GIVEN DATA Start Marker

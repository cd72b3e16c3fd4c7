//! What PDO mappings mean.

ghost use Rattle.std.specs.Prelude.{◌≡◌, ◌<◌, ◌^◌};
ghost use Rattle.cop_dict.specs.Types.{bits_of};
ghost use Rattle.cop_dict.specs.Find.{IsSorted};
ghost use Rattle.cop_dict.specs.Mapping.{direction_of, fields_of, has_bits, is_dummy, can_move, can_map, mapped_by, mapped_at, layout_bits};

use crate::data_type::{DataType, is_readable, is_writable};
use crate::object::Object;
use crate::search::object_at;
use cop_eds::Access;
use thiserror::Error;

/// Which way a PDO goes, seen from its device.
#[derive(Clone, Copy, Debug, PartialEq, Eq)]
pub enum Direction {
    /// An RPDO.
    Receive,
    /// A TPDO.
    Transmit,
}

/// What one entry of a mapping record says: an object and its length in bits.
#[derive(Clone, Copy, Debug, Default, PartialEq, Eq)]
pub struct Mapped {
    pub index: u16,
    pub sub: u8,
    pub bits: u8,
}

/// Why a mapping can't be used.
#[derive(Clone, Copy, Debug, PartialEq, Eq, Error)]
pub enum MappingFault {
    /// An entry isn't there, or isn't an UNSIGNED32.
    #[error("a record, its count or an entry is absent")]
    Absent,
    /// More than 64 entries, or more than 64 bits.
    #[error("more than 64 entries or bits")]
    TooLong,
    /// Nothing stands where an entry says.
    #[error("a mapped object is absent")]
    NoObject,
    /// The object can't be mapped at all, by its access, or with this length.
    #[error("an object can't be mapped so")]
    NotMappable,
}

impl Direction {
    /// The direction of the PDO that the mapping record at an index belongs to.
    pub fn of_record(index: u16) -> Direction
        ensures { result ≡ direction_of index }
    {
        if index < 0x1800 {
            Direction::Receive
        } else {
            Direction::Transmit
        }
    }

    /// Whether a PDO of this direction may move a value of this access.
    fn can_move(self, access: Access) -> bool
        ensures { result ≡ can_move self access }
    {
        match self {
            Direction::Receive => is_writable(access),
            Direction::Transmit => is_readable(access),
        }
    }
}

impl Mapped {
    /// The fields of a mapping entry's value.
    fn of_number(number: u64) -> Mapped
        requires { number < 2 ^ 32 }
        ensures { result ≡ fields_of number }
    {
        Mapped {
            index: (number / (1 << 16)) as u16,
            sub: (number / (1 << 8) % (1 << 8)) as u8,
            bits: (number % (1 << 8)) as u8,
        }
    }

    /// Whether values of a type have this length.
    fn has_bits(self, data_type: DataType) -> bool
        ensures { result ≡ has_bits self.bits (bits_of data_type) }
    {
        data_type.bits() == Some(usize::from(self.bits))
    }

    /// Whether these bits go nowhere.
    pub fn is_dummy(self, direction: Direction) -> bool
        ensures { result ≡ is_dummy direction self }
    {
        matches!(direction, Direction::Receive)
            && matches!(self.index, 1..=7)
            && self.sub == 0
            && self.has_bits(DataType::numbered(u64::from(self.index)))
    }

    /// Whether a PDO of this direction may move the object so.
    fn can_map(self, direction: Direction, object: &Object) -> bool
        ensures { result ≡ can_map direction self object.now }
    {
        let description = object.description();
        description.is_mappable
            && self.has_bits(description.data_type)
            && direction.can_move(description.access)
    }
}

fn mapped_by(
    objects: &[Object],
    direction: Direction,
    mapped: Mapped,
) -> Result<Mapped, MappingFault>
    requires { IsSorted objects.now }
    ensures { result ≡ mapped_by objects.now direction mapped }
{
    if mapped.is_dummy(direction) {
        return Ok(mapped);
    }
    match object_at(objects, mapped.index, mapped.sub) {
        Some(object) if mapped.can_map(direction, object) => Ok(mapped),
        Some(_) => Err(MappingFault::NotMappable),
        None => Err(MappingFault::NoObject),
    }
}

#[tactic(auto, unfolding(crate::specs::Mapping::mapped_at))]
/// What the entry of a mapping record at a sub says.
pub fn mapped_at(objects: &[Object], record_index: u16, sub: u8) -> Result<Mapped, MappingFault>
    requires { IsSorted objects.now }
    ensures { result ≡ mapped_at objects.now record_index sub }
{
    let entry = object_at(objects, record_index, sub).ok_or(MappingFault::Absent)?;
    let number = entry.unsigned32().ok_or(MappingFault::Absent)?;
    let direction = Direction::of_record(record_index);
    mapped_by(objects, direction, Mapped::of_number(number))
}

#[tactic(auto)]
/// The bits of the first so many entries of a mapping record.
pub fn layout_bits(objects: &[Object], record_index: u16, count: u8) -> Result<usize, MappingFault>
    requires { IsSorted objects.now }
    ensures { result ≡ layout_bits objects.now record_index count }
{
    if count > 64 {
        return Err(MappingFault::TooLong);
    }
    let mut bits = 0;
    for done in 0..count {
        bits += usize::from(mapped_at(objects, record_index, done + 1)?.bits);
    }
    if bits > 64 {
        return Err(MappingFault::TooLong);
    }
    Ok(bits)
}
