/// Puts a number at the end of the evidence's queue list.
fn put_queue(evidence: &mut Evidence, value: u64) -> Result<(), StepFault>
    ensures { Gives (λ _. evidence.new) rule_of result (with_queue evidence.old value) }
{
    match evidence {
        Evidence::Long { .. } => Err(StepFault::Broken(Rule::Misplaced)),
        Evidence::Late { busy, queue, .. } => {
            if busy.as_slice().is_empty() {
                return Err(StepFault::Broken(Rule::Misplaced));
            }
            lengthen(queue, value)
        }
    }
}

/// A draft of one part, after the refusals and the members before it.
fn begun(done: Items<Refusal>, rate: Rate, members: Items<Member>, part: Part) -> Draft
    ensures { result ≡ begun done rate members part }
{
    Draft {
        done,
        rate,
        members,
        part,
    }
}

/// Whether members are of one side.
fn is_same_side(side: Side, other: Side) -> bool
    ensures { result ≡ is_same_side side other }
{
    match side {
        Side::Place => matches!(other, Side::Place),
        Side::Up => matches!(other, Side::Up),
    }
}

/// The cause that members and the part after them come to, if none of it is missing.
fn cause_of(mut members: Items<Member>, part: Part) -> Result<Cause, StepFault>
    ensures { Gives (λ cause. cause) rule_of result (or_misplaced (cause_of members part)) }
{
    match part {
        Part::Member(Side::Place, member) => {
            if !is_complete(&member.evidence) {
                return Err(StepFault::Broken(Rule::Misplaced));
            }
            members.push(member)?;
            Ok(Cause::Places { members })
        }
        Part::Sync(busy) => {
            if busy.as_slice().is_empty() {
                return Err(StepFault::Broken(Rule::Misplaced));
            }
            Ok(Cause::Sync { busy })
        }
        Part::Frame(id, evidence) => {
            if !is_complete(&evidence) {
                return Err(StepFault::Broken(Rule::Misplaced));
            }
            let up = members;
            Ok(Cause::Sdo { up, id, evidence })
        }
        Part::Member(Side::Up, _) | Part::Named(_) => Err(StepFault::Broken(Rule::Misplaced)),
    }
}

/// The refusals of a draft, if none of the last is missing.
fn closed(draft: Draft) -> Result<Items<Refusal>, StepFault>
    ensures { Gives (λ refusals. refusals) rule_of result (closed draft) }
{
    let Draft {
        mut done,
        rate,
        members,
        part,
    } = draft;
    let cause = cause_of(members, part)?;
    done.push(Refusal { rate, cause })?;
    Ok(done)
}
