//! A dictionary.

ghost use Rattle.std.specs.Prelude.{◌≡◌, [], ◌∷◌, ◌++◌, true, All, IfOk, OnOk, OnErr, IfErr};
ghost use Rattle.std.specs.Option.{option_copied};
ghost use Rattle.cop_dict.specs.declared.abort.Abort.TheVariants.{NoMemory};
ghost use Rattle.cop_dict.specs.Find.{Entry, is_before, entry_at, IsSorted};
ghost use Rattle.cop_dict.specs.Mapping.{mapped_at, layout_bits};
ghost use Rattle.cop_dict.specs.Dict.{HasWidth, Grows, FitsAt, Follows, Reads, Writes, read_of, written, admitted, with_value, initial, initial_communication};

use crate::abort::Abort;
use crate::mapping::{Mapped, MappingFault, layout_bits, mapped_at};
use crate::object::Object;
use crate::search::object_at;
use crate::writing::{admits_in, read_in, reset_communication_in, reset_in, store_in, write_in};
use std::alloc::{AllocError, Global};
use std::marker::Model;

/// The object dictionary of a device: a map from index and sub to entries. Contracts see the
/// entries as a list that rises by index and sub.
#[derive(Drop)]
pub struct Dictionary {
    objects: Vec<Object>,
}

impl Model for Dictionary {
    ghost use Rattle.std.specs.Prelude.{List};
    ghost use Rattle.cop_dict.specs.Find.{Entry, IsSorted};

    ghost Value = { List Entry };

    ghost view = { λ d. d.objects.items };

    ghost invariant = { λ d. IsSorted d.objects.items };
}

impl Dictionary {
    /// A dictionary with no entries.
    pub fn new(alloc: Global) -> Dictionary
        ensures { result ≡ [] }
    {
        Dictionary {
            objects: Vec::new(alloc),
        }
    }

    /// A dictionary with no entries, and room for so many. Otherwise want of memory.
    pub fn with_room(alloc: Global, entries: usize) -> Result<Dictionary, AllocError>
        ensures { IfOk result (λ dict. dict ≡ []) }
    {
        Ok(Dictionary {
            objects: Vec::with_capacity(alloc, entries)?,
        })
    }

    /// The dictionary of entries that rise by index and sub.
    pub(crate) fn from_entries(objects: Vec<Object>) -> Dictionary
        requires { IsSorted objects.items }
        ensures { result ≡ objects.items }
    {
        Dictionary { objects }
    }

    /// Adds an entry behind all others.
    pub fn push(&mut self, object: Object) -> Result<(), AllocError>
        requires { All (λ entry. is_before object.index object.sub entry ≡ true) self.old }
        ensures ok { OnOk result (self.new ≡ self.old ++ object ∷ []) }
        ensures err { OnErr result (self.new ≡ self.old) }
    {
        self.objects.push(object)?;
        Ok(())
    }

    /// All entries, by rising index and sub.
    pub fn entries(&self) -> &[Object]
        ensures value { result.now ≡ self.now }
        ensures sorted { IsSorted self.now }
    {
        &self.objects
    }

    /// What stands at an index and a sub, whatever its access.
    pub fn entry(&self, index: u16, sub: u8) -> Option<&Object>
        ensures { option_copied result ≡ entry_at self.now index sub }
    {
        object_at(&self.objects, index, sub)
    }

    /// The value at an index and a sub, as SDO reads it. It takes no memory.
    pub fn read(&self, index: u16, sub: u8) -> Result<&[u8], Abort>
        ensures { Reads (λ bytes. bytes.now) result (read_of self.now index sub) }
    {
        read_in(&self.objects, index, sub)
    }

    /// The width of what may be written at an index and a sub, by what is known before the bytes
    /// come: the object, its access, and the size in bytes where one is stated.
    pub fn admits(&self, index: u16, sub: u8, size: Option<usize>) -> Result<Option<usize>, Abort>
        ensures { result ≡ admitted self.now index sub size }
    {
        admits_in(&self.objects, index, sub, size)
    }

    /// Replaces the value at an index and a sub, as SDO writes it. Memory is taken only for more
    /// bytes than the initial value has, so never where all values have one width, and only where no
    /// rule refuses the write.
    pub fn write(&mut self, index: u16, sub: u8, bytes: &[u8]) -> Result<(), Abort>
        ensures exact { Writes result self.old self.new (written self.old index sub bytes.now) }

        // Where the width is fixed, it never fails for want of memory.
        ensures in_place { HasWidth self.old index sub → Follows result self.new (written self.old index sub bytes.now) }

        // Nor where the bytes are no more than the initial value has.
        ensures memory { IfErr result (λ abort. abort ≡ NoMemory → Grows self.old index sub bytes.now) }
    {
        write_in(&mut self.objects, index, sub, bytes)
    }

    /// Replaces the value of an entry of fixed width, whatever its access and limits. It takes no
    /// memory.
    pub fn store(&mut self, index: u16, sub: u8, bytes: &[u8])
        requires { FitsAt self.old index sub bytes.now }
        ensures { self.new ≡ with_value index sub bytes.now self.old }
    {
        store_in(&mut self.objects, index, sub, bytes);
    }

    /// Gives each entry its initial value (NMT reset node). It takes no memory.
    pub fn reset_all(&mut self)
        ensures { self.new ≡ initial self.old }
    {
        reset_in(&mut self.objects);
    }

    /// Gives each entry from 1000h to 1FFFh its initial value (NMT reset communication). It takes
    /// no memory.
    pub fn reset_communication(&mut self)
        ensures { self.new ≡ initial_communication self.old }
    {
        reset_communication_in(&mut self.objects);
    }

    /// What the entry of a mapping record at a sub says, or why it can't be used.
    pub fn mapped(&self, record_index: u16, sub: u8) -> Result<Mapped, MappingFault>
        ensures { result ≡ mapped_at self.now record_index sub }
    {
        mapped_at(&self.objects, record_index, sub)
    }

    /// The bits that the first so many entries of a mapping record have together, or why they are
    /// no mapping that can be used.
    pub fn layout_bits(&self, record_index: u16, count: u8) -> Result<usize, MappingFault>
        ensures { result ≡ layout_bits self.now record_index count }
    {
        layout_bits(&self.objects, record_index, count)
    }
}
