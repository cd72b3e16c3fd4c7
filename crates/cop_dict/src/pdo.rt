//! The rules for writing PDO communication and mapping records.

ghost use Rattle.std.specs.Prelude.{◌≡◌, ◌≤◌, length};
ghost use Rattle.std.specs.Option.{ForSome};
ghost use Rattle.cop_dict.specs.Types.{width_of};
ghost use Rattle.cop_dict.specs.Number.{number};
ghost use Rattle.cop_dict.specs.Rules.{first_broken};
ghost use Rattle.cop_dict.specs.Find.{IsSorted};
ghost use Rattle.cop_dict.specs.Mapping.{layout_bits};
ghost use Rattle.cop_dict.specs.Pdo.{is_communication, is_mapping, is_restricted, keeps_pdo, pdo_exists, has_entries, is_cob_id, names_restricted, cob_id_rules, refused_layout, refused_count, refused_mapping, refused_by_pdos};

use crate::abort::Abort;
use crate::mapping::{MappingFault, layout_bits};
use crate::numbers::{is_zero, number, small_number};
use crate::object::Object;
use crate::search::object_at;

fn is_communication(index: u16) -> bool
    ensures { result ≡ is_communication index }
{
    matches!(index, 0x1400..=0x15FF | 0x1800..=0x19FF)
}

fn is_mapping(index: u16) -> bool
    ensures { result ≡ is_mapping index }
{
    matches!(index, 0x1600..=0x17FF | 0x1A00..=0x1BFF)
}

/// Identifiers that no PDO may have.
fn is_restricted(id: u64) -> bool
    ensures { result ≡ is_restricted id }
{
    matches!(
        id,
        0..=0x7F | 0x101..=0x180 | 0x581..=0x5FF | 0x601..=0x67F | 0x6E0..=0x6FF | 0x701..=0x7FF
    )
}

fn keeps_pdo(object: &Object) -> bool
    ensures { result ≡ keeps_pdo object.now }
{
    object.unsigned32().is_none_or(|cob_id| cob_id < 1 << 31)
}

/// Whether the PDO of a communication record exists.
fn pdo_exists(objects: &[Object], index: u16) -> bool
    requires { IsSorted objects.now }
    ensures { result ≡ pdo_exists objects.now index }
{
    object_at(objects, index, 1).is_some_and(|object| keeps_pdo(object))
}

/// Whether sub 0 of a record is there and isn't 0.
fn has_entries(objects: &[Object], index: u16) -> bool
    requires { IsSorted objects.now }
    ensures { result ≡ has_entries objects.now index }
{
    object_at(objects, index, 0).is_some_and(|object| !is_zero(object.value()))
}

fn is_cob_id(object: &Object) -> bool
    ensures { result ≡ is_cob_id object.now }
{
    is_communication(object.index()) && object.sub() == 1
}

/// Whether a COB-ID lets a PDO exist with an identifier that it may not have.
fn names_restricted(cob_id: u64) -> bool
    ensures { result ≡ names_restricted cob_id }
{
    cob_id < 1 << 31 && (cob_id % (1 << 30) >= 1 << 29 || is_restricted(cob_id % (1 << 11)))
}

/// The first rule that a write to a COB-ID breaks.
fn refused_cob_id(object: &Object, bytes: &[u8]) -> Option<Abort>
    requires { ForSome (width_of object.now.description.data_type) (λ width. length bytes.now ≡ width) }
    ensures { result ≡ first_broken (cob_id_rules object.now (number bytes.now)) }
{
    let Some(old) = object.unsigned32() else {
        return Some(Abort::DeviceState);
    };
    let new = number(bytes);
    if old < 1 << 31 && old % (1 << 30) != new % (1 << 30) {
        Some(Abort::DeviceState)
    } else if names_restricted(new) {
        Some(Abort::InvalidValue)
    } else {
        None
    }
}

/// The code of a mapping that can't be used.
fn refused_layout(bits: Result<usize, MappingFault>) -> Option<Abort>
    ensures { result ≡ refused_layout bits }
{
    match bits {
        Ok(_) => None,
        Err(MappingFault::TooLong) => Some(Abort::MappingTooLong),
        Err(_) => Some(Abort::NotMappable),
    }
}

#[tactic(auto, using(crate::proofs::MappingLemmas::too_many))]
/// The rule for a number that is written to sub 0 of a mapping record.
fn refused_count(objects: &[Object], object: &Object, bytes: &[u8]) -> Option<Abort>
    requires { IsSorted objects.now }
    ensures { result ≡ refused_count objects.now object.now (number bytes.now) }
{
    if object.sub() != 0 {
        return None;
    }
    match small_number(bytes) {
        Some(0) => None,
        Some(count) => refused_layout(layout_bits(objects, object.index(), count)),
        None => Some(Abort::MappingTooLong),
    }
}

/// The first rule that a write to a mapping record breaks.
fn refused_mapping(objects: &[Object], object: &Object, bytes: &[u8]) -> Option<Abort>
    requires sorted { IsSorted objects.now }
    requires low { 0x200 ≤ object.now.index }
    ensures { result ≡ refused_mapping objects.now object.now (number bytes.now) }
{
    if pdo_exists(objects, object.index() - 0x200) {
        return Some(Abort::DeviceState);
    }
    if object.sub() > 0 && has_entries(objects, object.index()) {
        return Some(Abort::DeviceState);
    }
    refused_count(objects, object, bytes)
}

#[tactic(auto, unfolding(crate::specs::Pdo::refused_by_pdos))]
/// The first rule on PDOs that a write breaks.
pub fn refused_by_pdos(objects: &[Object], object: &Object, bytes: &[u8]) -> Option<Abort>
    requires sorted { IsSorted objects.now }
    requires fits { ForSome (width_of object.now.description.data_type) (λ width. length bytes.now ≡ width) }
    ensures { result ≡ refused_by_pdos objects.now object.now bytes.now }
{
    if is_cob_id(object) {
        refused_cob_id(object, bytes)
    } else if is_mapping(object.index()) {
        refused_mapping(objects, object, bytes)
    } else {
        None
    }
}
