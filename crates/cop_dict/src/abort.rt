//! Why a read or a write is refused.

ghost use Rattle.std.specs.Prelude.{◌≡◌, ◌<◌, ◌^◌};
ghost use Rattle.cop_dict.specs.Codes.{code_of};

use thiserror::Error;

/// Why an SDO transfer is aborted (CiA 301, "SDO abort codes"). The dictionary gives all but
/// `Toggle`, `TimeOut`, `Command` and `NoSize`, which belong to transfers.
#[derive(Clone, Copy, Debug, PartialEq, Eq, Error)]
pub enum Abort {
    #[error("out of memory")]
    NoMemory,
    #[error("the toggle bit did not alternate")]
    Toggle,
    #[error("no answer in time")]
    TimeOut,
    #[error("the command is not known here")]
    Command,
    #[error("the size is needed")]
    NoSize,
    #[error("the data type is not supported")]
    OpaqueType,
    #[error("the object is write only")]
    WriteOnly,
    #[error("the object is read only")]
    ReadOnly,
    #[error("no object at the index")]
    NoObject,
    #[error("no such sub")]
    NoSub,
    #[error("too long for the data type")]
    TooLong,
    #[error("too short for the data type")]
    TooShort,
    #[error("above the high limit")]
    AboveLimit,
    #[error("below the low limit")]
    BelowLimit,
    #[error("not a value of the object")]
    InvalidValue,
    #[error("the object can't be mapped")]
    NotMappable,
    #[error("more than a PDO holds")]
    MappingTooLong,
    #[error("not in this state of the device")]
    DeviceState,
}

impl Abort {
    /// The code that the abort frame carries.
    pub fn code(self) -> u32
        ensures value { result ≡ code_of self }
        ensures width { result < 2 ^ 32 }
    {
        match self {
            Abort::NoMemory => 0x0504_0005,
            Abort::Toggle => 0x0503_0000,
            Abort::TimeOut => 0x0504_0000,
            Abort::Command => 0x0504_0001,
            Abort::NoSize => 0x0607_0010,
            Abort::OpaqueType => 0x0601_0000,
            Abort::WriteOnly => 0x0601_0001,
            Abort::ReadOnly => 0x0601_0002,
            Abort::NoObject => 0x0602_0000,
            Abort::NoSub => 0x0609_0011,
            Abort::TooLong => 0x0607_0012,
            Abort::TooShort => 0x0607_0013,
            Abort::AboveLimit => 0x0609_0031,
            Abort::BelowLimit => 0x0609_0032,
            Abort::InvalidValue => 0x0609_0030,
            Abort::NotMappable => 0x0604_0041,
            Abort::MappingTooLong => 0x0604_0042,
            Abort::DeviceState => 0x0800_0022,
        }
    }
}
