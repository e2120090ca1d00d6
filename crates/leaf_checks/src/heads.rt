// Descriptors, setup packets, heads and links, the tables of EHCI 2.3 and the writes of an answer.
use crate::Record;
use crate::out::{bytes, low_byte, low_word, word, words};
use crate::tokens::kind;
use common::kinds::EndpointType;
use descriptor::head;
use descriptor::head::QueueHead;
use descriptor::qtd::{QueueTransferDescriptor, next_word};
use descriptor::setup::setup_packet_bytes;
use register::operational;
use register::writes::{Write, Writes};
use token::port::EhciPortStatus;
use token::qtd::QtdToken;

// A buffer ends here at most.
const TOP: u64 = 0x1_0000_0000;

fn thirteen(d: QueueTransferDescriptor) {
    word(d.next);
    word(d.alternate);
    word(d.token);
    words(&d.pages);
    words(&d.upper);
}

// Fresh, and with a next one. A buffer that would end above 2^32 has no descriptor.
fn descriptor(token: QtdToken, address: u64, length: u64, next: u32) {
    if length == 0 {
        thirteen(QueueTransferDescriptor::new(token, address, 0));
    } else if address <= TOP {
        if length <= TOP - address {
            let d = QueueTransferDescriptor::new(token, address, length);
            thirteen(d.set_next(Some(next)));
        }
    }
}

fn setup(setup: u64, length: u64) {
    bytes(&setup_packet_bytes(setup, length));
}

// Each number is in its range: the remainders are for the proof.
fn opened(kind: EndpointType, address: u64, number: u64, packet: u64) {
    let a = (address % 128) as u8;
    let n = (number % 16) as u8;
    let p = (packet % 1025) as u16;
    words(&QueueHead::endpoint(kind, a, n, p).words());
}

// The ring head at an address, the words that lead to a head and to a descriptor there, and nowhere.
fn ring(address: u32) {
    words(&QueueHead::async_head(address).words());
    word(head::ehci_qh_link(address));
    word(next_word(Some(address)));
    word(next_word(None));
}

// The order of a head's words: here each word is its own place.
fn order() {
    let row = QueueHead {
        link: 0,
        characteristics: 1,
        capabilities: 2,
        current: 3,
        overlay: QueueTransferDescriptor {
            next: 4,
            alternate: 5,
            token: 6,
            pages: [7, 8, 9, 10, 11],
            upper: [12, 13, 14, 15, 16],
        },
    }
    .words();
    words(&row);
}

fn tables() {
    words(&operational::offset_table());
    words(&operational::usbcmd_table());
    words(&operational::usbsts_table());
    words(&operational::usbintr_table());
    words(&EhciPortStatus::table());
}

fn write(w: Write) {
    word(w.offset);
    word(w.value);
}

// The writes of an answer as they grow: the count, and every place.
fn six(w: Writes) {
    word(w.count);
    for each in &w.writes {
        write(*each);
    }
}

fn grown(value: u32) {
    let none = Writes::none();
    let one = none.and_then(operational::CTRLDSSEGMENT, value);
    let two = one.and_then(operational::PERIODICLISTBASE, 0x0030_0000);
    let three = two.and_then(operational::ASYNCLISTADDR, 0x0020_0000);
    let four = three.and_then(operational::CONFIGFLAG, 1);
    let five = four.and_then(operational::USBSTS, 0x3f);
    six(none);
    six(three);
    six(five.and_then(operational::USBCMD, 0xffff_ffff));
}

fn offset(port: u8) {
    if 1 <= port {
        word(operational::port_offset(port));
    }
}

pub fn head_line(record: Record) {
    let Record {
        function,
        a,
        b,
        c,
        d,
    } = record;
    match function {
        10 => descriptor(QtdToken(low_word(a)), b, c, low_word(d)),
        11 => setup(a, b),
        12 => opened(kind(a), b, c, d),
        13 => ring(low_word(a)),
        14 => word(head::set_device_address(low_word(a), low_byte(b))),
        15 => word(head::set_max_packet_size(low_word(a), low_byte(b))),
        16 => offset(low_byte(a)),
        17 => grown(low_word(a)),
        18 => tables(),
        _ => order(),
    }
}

GIVEN DATA End Marker

» WHAT THE TASK ASKS:
Out of the data above, return each line where the word "IfErr" can be found.

» RESPONSE:
ghost use Rattle.std.specs.Prelude.{◌≡◌, [], ◌∷◌, ◌++◌, true, All, IfOk, OnOk, OnErr, IfErr};
        ensures memory { IfErr result (λ abort. abort ≡ NoMemory → Grows self.old index sub bytes.now) }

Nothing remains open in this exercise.